── Task material ──

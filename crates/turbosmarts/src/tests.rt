// The program over memory: the status, and what the sink and the lines hold, for words and an input.

mod estimates;
mod libraries;

use crate::top::turbosmarts;
use elf_image::ImageFault;
use rv_exec::{Trap, TrapKind};
use smarts_base::{NoMemory, OpenGate};
use smarts_io::{MemorySink, MemorySource};
use smarts_text::{DesignFault, Status, WordFault, WordKind};
use std::alloc::Global;
use std::process::Abort;
use std::test::Fail;
use std::thread::Threads;

/// The headers of an ELF file for RISC-V, as far as the two sizes of its one segment, which stands
/// behind them in the file and at 0x00010054 in memory.
const FRONT: [u8; 68] = [
    0x7F, 0x45, 0x4C, 0x46, 1, 1, 1, 0, 0, 0, 0, 0, 0, 0, 0, 0, //
    2, 0, 0xF3, 0, 1, 0, 0, 0, 0x54, 0, 1, 0, 0x34, 0, 0, 0, //
    0, 0, 0, 0, 0, 0, 0, 0, 0x34, 0, 0x20, 0, 1, 0, 0, 0, 0, 0, 0, 0, //
    1, 0, 0, 0, 0x54, 0, 0, 0, 0x54, 0, 1, 0, 0x54, 0, 1, 0,
];

const BACK: [u8; 8] = [5, 0, 0, 0, 4, 0, 0, 0];

const NOP: u32 = 0x0000_0013;

// Exits with code 0.
const EXIT: [u32; 3] = [0x0000_0513, 0x05D0_0893, 0x0000_0073];

// Counts 500 down to 0.
const LOOP: [u32; 3] = [0x1F40_0293, 0xFFF2_8293, 0xFE02_9EE3];

// Count 2^19 down to 0, and 2^19 + 4096.
const LONG: [u32; 3] = [0x0008_02B7, 0xFFF2_8293, 0xFE02_9EE3];

const LONGER: [u32; 3] = [0x0008_12B7, 0xFFF2_8293, 0xFE02_9EE3];

// Divides -2^31 by -1 and by 0, and writes quotients and remainders.
const DIVIDE: [u32; 15] = [
    0x8000_02B7,
    0xFFF0_0313,
    0x0262_C3B3,
    0x0262_EE33,
    0x0202_CEB3,
    0x0202_EF33,
    0xFE71_2823,
    0xFFC1_2A23,
    0xFFD1_2C23,
    0xFFE1_2E23,
    0x0010_0513,
    0xFF01_0593,
    0x0100_0613,
    0x0400_0893,
    0x0000_0073,
];

// Makes the unknown call 80, and writes its answer.
const CALL: [u32; 8] = [
    0x0500_0893,
    0x0000_0073,
    0xFEA1_2E23,
    0x0010_0513,
    0xFFC1_0593,
    0x0040_0613,
    0x0400_0893,
    0x0000_0073,
];

// Loads a word from an odd half word.
const BAD_LOAD: [u32; 1] = [0x0010_2303];

const SMALL: &str = "sample machine=scalar unit=16 every=1";

// The file of a program of `idle` instructions that do nothing, these words, and an exit.
fn file(alloc: Global, idle: usize, words: &[u32]) -> Result<Vec<u8>, NoMemory> {
    let count = (idle % 1000 + words.len() % 1000 + EXIT.len()) as u32;
    let size = (count * 4).to_le_bytes();
    let mut bytes = Vec::new(alloc);
    bytes.extend_from_slice(&FRONT)?;
    bytes.extend_from_slice(&size)?;
    bytes.extend_from_slice(&size)?;
    bytes.extend_from_slice(&BACK)?;
    for _ in 0..idle {
        bytes.extend_from_slice(&NOP.to_le_bytes())?;
    }
    for word in words {
        bytes.extend_from_slice(&word.to_le_bytes())?;
    }
    for word in &EXIT {
        bytes.extend_from_slice(&word.to_le_bytes())?;
    }
    Ok(bytes)
}

fn words(alloc: Global, line: &str) -> Result<Vec<String>, NoMemory> {
    let mut words = Vec::new(alloc);
    for word in line.split_whitespace() {
        words.push(String::from_str(alloc, word)?)?;
    }
    Ok(words)
}

// What fails, by the number of the call.
#[derive(Clone, Copy, Debug)]
struct Failing<'a> {
    reads: &'a [u32],
    writes: &'a [u32],
    lines: &'a [u32],
}

const NOTHING: Failing<'static> = Failing {
    reads: &[],
    writes: &[],
    lines: &[],
};

#[derive(Clone, Copy, Debug)]
struct Wanted<'a> {
    status: Status,
    output: &'a [u8],
    lines: &'a str,
}

fn refused(status: Status, lines: &str) -> Wanted {
    Wanted {
        status,
        output: &[],
        lines,
    }
}

// Runs the program on these words and this input, and compares all that it answers.
fn expect<R: Abort + AllocGlobal + Threads + Sync>(
    rt: &R,
    line: &str,
    input: Vec<u8>,
    failing: Failing,
    wanted: Wanted,
) -> Result<(), Fail> {
    let alloc = rt.alloc();
    let words = words(alloc, line)?;
    let mut source = MemorySource::new(input, 77, Vec::from_slice(alloc, failing.reads)?);
    let mut sink = MemorySink::new(alloc, 10, 1000, Vec::from_slice(alloc, failing.writes)?)?;
    let mut lines = MemorySink::new(alloc, 4, 1000, Vec::from_slice(alloc, failing.lines)?)?;
    let status = turbosmarts(
        rt,
        alloc,
        &words,
        &mut source,
        &mut sink,
        &mut lines,
        &OpenGate,
    );
    assert_eq!(rt; status, wanted.status, "{line}");
    assert_eq!(rt; sink.bytes(), wanted.output, "{line}");
    assert_eq!(rt; lines.bytes(), wanted.lines.as_bytes(), "{line}");
    Ok(())
}

#[test]
fn reports_a_sample(rt: HostRuntime) -> Result<(), Fail> {
    let alloc = rt.alloc();
    let thirty =
        "instructions 1004\npoints 62\nsampled 30\nconfident yes\ncycles 480\ncpi 1.0000\nerror 0.00%\n";
    let cases = [
        ("min=30", thirty),
        ("seed=3 min=30", thirty),
        ("budget=1004", thirty),
        (
            "min=62",
            "instructions 1004\npoints 62\nsampled 62\nconfident yes\ncycles 992\ncpi 1.0000\nerror 0.00%\n",
        ),
        (
            "min=63",
            "instructions 1004\npoints 62\nsampled 62\nconfident no\ncycles 992\ncpi 1.0000\nerror 0.00%\n",
        ),
    ];
    for (more, text) in cases {
        let line = format!(in alloc; "{SMALL} {more}")?;
        let wanted = Wanted {
            status: Status::Done,
            output: text.as_bytes(),
            lines: "",
        };
        expect(&rt, &line, file(alloc, 0, &LOOP)?, NOTHING, wanted)?;
    }
    let one =
        "instructions 16\npoints 1\nsampled 1\nconfident no\ncycles 16\ncpi 1.0000\nerror none\n";
    let wanted = Wanted {
        status: Status::Done,
        output: one.as_bytes(),
        lines: "",
    };
    let line = "sample machine=scalar unit=16 warm=0";
    expect(&rt, line, file(alloc, 13, &[])?, NOTHING, wanted)
}

#[test]
fn reports_a_long_sample(rt: HostRuntime) -> Result<(), Fail> {
    let alloc = rt.alloc();
    let line =
        "sample machine=scalar unit=16 warm=0 every=1 l1i=64:1:1 l1d=64:1:1 l2=64:1:1 itlb=1:1 dtlb=1:1 predictor=bimodal:4:2:0";
    let wanted = Wanted {
        status: Status::Done,
        output: b"instructions 1048580\npoints 65536\nsampled 30\nconfident yes\ncycles 480\ncpi 1.0000\nerror 0.00%\n",
        lines: "",
    };
    expect(&rt, line, file(alloc, 0, &LONG)?, NOTHING, wanted)?;
    let wanted = refused(
        Status::BadDesign(DesignFault::TooMany { count: 66048 }),
        "design: fault 2 value 66048\n",
    );
    expect(&rt, line, file(alloc, 0, &LONGER)?, NOTHING, wanted)
}

// A multiplication costs 3 cycles, a load 5 and a division 7; everything else costs one.
#[test]
fn counts_latencies(rt: HostRuntime) -> Result<(), Fail> {
    let alloc = rt.alloc();
    let line = "sample machine=scalar unit=16 every=1 mullat=3 l1lat=5 divlat=7";
    let cases: [(u32, &str, &str); 4] = [
        (0x0252_8333, "18", "1.1250"), // mul x6, x5, x5
        (0xFFC1_2303, "20", "1.2500"), // lw x6, -4(x2)
        (0x0252_D333, "22", "1.3750"), // divu x6, x5, x5
        (0xFE51_2E23, "16", "1.0000"), // sw x5, -4(x2)
    ];
    for (word, cycles, cpi) in cases {
        let text = format!(in alloc;
            "instructions 16\npoints 1\nsampled 1\nconfident no\ncycles {cycles}\ncpi {cpi}\nerror none\n"
        )?;
        let wanted = Wanted {
            status: Status::Done,
            output: text.as_bytes(),
            lines: "",
        };
        expect(&rt, line, file(alloc, 12, &[word])?, NOTHING, wanted)?;
    }
    Ok(())
}

// Sixteen instructions that fit in one line but the last five, on the processor with a register update
// unit: two fetches miss everywhere, and the first one misses its page, too. Halving memory's latency, or
// taking the miss of the page away, shows it.
#[test]
fn times_with_a_register_update_unit(rt: HostRuntime) -> Result<(), Fail> {
    let alloc = rt.alloc();
    let cases = [
        ("", "239", "14.9375"),
        ("tlblat=0", "209", "13.0625"),
        ("memlat=50", "139", "8.6875"),
        ("machine=scalar", "16", "1.0000"),
    ];
    for (more, cycles, cpi) in cases {
        let line = format!(in alloc; "sample unit=16 warm=0 {more}")?;
        let text = format!(in alloc;
            "instructions 16\npoints 1\nsampled 1\nconfident no\ncycles {cycles}\ncpi {cpi}\nerror none\n"
        )?;
        let wanted = Wanted {
            status: Status::Done,
            output: text.as_bytes(),
            lines: "",
        };
        expect(&rt, &line, file(alloc, 13, &[])?, NOTHING, wanted)?;
    }
    Ok(())
}

// The programs are made, so that the input is left as it is, here one that can't be read.
#[test]
fn samples_made_programs(rt: HostRuntime) -> Result<(), Fail> {
    let alloc = rt.alloc();
    let unread = Failing {
        reads: &[0],
        ..NOTHING
    };
    let cases = [
        (
            "demo size=20000",
            "instructions 5160008\npoints 52\nsampled 52\nconfident no\ncycles 35446\ncpi 0.6816\nerror 36.69%\n",
        ),
        (
            "demo size=100 machine=scalar unit=100 every=3 min=10",
            "instructions 25808\npoints 86\nsampled 10\nconfident yes\ncycles 1192\ncpi 1.1920\nerror 2.46%\n",
        ),
    ];
    for (line, text) in cases {
        let wanted = Wanted {
            status: Status::Done,
            output: text.as_bytes(),
            lines: "",
        };
        expect(&rt, line, Vec::new(alloc), unread, wanted)?;
    }
    let wanted = refused(
        Status::BudgetSpent { budget: 265 },
        "budget spent after 265\n",
    );
    expect(
        &rt,
        "demo size=1 budget=265",
        Vec::new(alloc),
        unread,
        wanted,
    )
}

#[test]
fn writes_the_output_of_a_run(rt: HostRuntime) -> Result<(), Fail> {
    let alloc = rt.alloc();
    let quotients = [
        0, 0, 0, 0x80, 0, 0, 0, 0, 0xFF, 0xFF, 0xFF, 0xFF, 0, 0, 0, 0x80,
    ];
    let wanted = Wanted {
        status: Status::Done,
        output: &quotients,
        lines: "exit 0 after 18 instructions\n",
    };
    expect(&rt, "run", file(alloc, 0, &DIVIDE)?, NOTHING, wanted)?;
    let wanted = Wanted {
        status: Status::Done,
        output: &[0xDA, 0xFF, 0xFF, 0xFF],
        lines: "exit 0 after 11 instructions\n",
    };
    expect(&rt, "run", file(alloc, 0, &CALL)?, NOTHING, wanted)
}

fn bad_words(kind: WordKind, place: u32) -> Status {
    Status::BadWords(WordFault { kind, place })
}

#[test]
fn refuses_words(rt: HostRuntime) -> Result<(), Fail> {
    let alloc = rt.alloc();
    let cases = [
        ("", WordKind::NoCommand, 0, "words: fault 1 at 0\n"),
        ("test", WordKind::UnknownCommand, 0, "words: fault 2 at 0\n"),
        (
            "sample unit",
            WordKind::UnknownKey,
            1,
            "words: fault 3 at 1\n",
        ),
        (
            "sample unit=16 unit=16",
            WordKind::Repeated,
            2,
            "words: fault 4 at 2\n",
        ),
        (
            "sample unit=x",
            WordKind::BadValue,
            1,
            "words: fault 5 at 1\n",
        ),
        (
            "sample unit=15",
            WordKind::OutOfRange,
            1,
            "words: fault 6 at 1\n",
        ),
        (
            "sample every=7 offset=7",
            WordKind::OffsetNotBelowEvery,
            3,
            "words: fault 9 at 3\n",
        ),
        (
            "sample lsq=64 ruu=32",
            WordKind::LsqOverRuu,
            3,
            "words: fault 8 at 3\n",
        ),
        ("demo", WordKind::Missing, 1, "words: fault 7 at 1\n"),
    ];
    for (line, kind, place, text) in cases {
        let wanted = refused(bad_words(kind, place), text);
        expect(&rt, line, file(alloc, 0, &LOOP)?, NOTHING, wanted)?;
    }
    Ok(())
}

#[test]
fn refuses_inputs(rt: HostRuntime) -> Result<(), Fail> {
    let alloc = rt.alloc();
    let not_elf = refused(Status::BadImage(ImageFault::NotElf), "image: fault 1\n");
    expect(
        &rt,
        "sample machine=scalar",
        Vec::new(alloc),
        NOTHING,
        not_elf,
    )?;
    let mut compressed = file(alloc, 0, &LOOP)?;
    if let Some(flags) = compressed.get_mut(36) {
        *flags = 1;
    }
    let wanted = refused(Status::BadImage(ImageFault::Compressed), "image: fault 4\n");
    expect(&rt, "run", compressed, NOTHING, wanted)?;
    let mut between = file(alloc, 0, &LOOP)?;
    if let Some(entry) = between.get_mut(24) {
        *entry = 0x56;
    }
    let wanted = refused(Status::BadImage(ImageFault::BadEntry), "image: fault 10\n");
    expect(&rt, "run", between, NOTHING, wanted)?;
    let trap = Trap {
        kind: TrapKind::MisalignedLoad,
        pc: 0x0001_0070,
    };
    let wanted = refused(
        Status::Trapped { at: 7, trap },
        "trapped at 7: kind 3, pc 00010070\n",
    );
    expect(&rt, "run", file(alloc, 7, &BAD_LOAD)?, NOTHING, wanted)?;
    expect(&rt, SMALL, file(alloc, 7, &BAD_LOAD)?, NOTHING, wanted)?;
    let wanted = refused(
        Status::BudgetSpent { budget: 1003 },
        "budget spent after 1003\n",
    );
    let line = format!(in alloc; "{SMALL} budget=1003")?;
    expect(&rt, &line, file(alloc, 0, &LOOP)?, NOTHING, wanted)?;
    expect(
        &rt,
        "run budget=1003",
        file(alloc, 0, &LOOP)?,
        NOTHING,
        wanted,
    )?;
    let wanted = refused(
        Status::BadDesign(DesignFault::NoUnits { length: 15 }),
        "design: fault 1 value 15\n",
    );
    expect(&rt, SMALL, file(alloc, 12, &[])?, NOTHING, wanted)
}

#[test]
fn tells_outside_faults(rt: HostRuntime) -> Result<(), Fail> {
    let alloc = rt.alloc();
    let unread = Failing {
        reads: &[0],
        ..NOTHING
    };
    let wanted = refused(Status::ReadFault, "read fault\n");
    expect(&rt, SMALL, file(alloc, 0, &LOOP)?, unread, wanted)?;
    let unwritten = Failing {
        writes: &[1],
        ..NOTHING
    };
    let wanted = Wanted {
        status: Status::WriteFault { taken: 10 },
        output: b"instructio",
        lines: "write fault after 10\n",
    };
    expect(&rt, SMALL, file(alloc, 0, &LOOP)?, unwritten, wanted)?;
    // lines that fail leave the end as it is
    let untold = Failing {
        lines: &[1],
        ..NOTHING
    };
    let wanted = refused(bad_words(WordKind::NoCommand, 0), "word");
    expect(&rt, "", file(alloc, 0, &LOOP)?, untold, wanted)
}
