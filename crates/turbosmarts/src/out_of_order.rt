ghost use Rattle.std.specs.Prelude.{◌≡◌, ◌≤◌, drop, true, [], IfOk};
ghost use Rattle.hierarchy.specs.Config.{IsConfig};
ghost use Rattle.turbosmarts.specs.OutOfOrder.{HasMarked};
ghost use Rattle.turbosmarts.specs.Processor.{IsShownMore};

use crate::processor::Processor;
use circular_buffer::HeapCircularBuffer;
use hierarchy::{Config, Marked, State};
use ruu_timing::{Ruu, Trace};
use rv_exec::{Event, Watch};
use sample_design::Window;
use smarts_base::NoMemory;
use std::alloc::Global;

/// The processor with a register update unit. It marks each instruction as it is shown, and keeps the
/// marks of the latest ones, as many as a window may have.
#[derive(Debug, Drop)]
pub struct OutOfOrder<'a> {
    config: &'a Config,
    state: State,
    latest: HeapCircularBuffer<Marked>,
    ruu: Ruu,
}

/// The marks from a place on.
#[derive(Clone, Copy, Debug)]
struct Rest<'a> {
    marks: &'a HeapCircularBuffer<Marked>,
    from: usize,
}

impl<'a> Trace for Rest<'a> {
    ghost items = { λ rest. drop rest.from rest.marks.now.items };

    fn len(&self) -> usize {
        self.marks.len().saturating_sub(self.from)
    }

    fn at(&self, i: usize) -> Marked {
        // Counted from the back: no difference passes what a usize holds.
        let behind = self.marks.len() - self.from - i - 1;
        *self.marks.nth_back(behind).unwrap()
    }
}

impl<'a> OutOfOrder<'a> {
    /// Takes memory for windows of up to so many instructions.
    pub fn new(alloc: Global, config: &'a Config, longest: u32) -> Result<OutOfOrder<'a>, NoMemory>
        requires config { IsConfig config.now }
        requires kind { config.now.ruu ≡ true }
        requires longest { longest ≤ 110000 }
        ensures config { IfOk result (λ p. p.config.now ≡ config.now) }
        ensures longest { IfOk result (λ p. p.latest.capacity ≡ longest) }
        ensures shown { IfOk result (λ p. HasMarked config.now p.ruu.widths p.state p.latest.capacity p.latest.items []) }
    {
        Ok(OutOfOrder {
            config,
            state: State::new(alloc, config)?,
            latest: HeapCircularBuffer::with_capacity(alloc, longest as usize)?,
            ruu: Ruu::new(alloc, &config.widths)?,
        })
    }
}

impl<'a> Watch for OutOfOrder<'a> {
    ghost sees = { λ before event after. (after.config.now ≡ before.config.now)
        × (after.latest.capacity ≡ before.latest.capacity)
        × IsShownMore
        (λ begun es. HasMarked before.config.now before.ruu.widths before.state before.latest.capacity before.latest.items es)
        event
        (λ begun es. HasMarked after.config.now after.ruu.widths after.state after.latest.capacity after.latest.items es) };

    ghost sound = { λ p. IsConfig p.config.now };

    // The step calls it once an instruction, and what isn't used of the event isn't made.
    #[inline(always)]
    fn see(&mut self, event: &Event) {
        let mark = self.state.annotate(self.config, event);
        self.latest.push_back(mark);
    }
}

impl<'a> Processor for OutOfOrder<'a> {
    ghost config = { λ p. p.config.now };

    ghost longest = { λ p. p.latest.capacity };

    ghost shown = { λ p begun es. HasMarked p.config.now p.ruu.widths p.state p.latest.capacity p.latest.items es };

    fn begin_unit(&mut self) {}

    fn cycles(&mut self, window: &Window) -> u32 {
        let from = self.latest.len() - window.len as usize;
        let trace = Rest {
            marks: &self.latest,
            from,
        };
        self.ruu.time(&trace, window.skip as usize) as u32
    }

    ghost can_watch = { λ p config. config };

    ghost is_shown = { λ before event after saw. saw };
}
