// An entry's answer as the C interface tells it: one number.
ghost use Rattle.std.specs.Prelude.{◌≡◌, ◌+◌, ◌*◌, ◌^◌, ◌<◌, pos, neg_ℤ, get_or};
ghost use Rattle.document.specs.Answer.{number_of, replied_as, marked_as};
ghost use Rattle.dunefork.specs.Codes.{return_code, marked_code};

use code::refusal::refusal_number;
use document::types::{Refusal, Shown};

// Minus the number of a refusal.
pub fn refusal_code(r: Refusal) -> i32
    ensures { result ≡ neg_ℤ (pos (number_of r)) }
{
    -(refusal_number(r) as i32)
}

// The number that an entry returns, or minus its refusal's.
pub(crate) fn reply_code(reply: Result<usize, Refusal>) -> i32
    requires { get_or (replied_as reply).values 0 0 < 2 ^ 31 }
    ensures { result ≡ return_code (replied_as reply) }
{
    match reply {
        Ok(value) => value as i32,
        Err(r) => refusal_code(r),
    }
}

// 2·e + trial of decoding with marks, or minus its refusal's number.
pub(crate) fn marked_reply_code(reply: Result<Shown, Refusal>) -> i32
    requires { 2 * get_or (marked_as reply).values 0 0 + get_or (marked_as reply).values 1 0 < 2 ^ 31 }
    ensures { result ≡ marked_code (marked_as reply) }
{
    match reply {
        Ok(shown) => (2 * shown.unmarked + shown.trial) as i32,
        Err(r) => refusal_code(r),
    }
}
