// The C interface: one entry for each operation, with the answer as one number. include/dunefork.h says it for C.
#![tactic(auto)]

pub mod codes;

ghost use Rattle.std.specs.Prelude.{◌≡◌, length};
ghost use Rattle.document.specs.Marked.{shown_of};
ghost use Rattle.document.specs.Short.{encode_of, read_of, decode_of, encode_shortened_of, read_shortened_of, decode_shortened_of, decode_marked_of, decode_block_of, card_of};
ghost use Rattle.dunefork.specs.Codes.{coded_as, marked_coded_as};

use crate::codes::{marked_reply_code, reply_code};

// The codeword of a message into out.
pub fn dunefork_encode(sheet: &[u8], message: &[u8], out: &mut [u8]) -> i32
    ensures { (result, out.new) ≡ coded_as (encode_of sheet.now message.now out.old) }
{
    reply_code(code::encode::encode(sheet, message, out))
}

// The message of a codeword into out.
pub fn dunefork_read(sheet: &[u8], word: &[u8], out: &mut [u8]) -> i32
    ensures { (result, out.new) ≡ coded_as (read_of sheet.now word.now out.old) }
{
    reply_code(code::read::read(sheet, word, out))
}

// The codeword within t places of a received word into out; how many places changed.
pub fn dunefork_decode(sheet: &[u8], word: &[u8], out: &mut [u8]) -> i32
    ensures { (result, out.new) ≡ coded_as (decode_of sheet.now word.now out.old) }
{
    reply_code(code::decode::decode(sheet, word, out))
}

// The same three for a code shortened by m: messages of k - m bits, and words of n - m places.
pub fn dunefork_encode_short(sheet: &[u8], m: usize, message: &[u8], out: &mut [u8]) -> i32
    ensures { (result, out.new) ≡ coded_as (encode_shortened_of sheet.now m message.now out.old) }
{
    reply_code(code::encode::encode_short(sheet, m, message, out))
}

pub fn dunefork_read_short(sheet: &[u8], m: usize, word: &[u8], out: &mut [u8]) -> i32
    ensures { (result, out.new) ≡ coded_as (read_shortened_of sheet.now m word.now out.old) }
{
    reply_code(code::read::read_short(sheet, m, word, out))
}

pub fn dunefork_decode_short(sheet: &[u8], m: usize, word: &[u8], out: &mut [u8]) -> i32
    ensures { (result, out.new) ≡ coded_as (decode_shortened_of sheet.now m word.now out.old) }
{
    reply_code(code::decode::decode_short(sheet, m, word, out))
}

// Both decoded trial words of a received word with marked places; 2·e + trial.
pub fn dunefork_decode_marked(
    sheet: &[u8],
    word: &[u8],
    marks: &[u8],
    zeros: &mut [u8],
    ones: &mut [u8],
) -> i32
    ensures { (result, (zeros.new, ones.new)) ≡ marked_coded_as (decode_marked_of sheet.now word.now marks.now zeros.old ones.old) }
{
    marked_reply_code(code::marked::decode_marked(sheet, word, marks, zeros, ones))
}

// How long the part of a trial buffer is that is shown. An exported function cannot return the part itself.
pub fn dunefork_shown_length<'a>(trial: usize, n: usize, zeros: &'a [u8], ones: &'a [u8]) -> usize
    ensures { result ≡ length (shown_of trial n zeros.now ones.now) }
{
    code::marked::shown(trial, n, zeros, ones).len()
}

// A block of m words: each corrected word into its own bytes of out, and a verdict for each.
pub fn dunefork_decode_block(
    sheet: &[u8],
    m: usize,
    block: &[u8],
    out: &mut [u8],
    verdicts: &mut [u8],
) -> i32
    ensures { (result, (out.new, verdicts.new)) ≡ coded_as (decode_block_of sheet.now m block.now out.old verdicts.old) }
{
    reply_code(code::block::decode_block(sheet, m, block, out, verdicts))
}

// The listing of a sheet, refused ones too, into out; its length.
pub fn dunefork_card(sheet: &[u8], out: &mut [u8]) -> i32
    ensures { (result, out.new) ≡ coded_as (card_of sheet.now out.old) }
{
    reply_code(code::card::card(sheet, out))
}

───

Task brief » Return each line from the entries above that includes "into".

Expected answer »
// The codeword of a message into out.
// The message of a codeword into out.
// The codeword within t places of a received word into out; how many places changed.
// A block of m words: each corrected word into its own bytes of out, and a verdict for each.
// The listing of a sheet, refused ones too, into out; its length.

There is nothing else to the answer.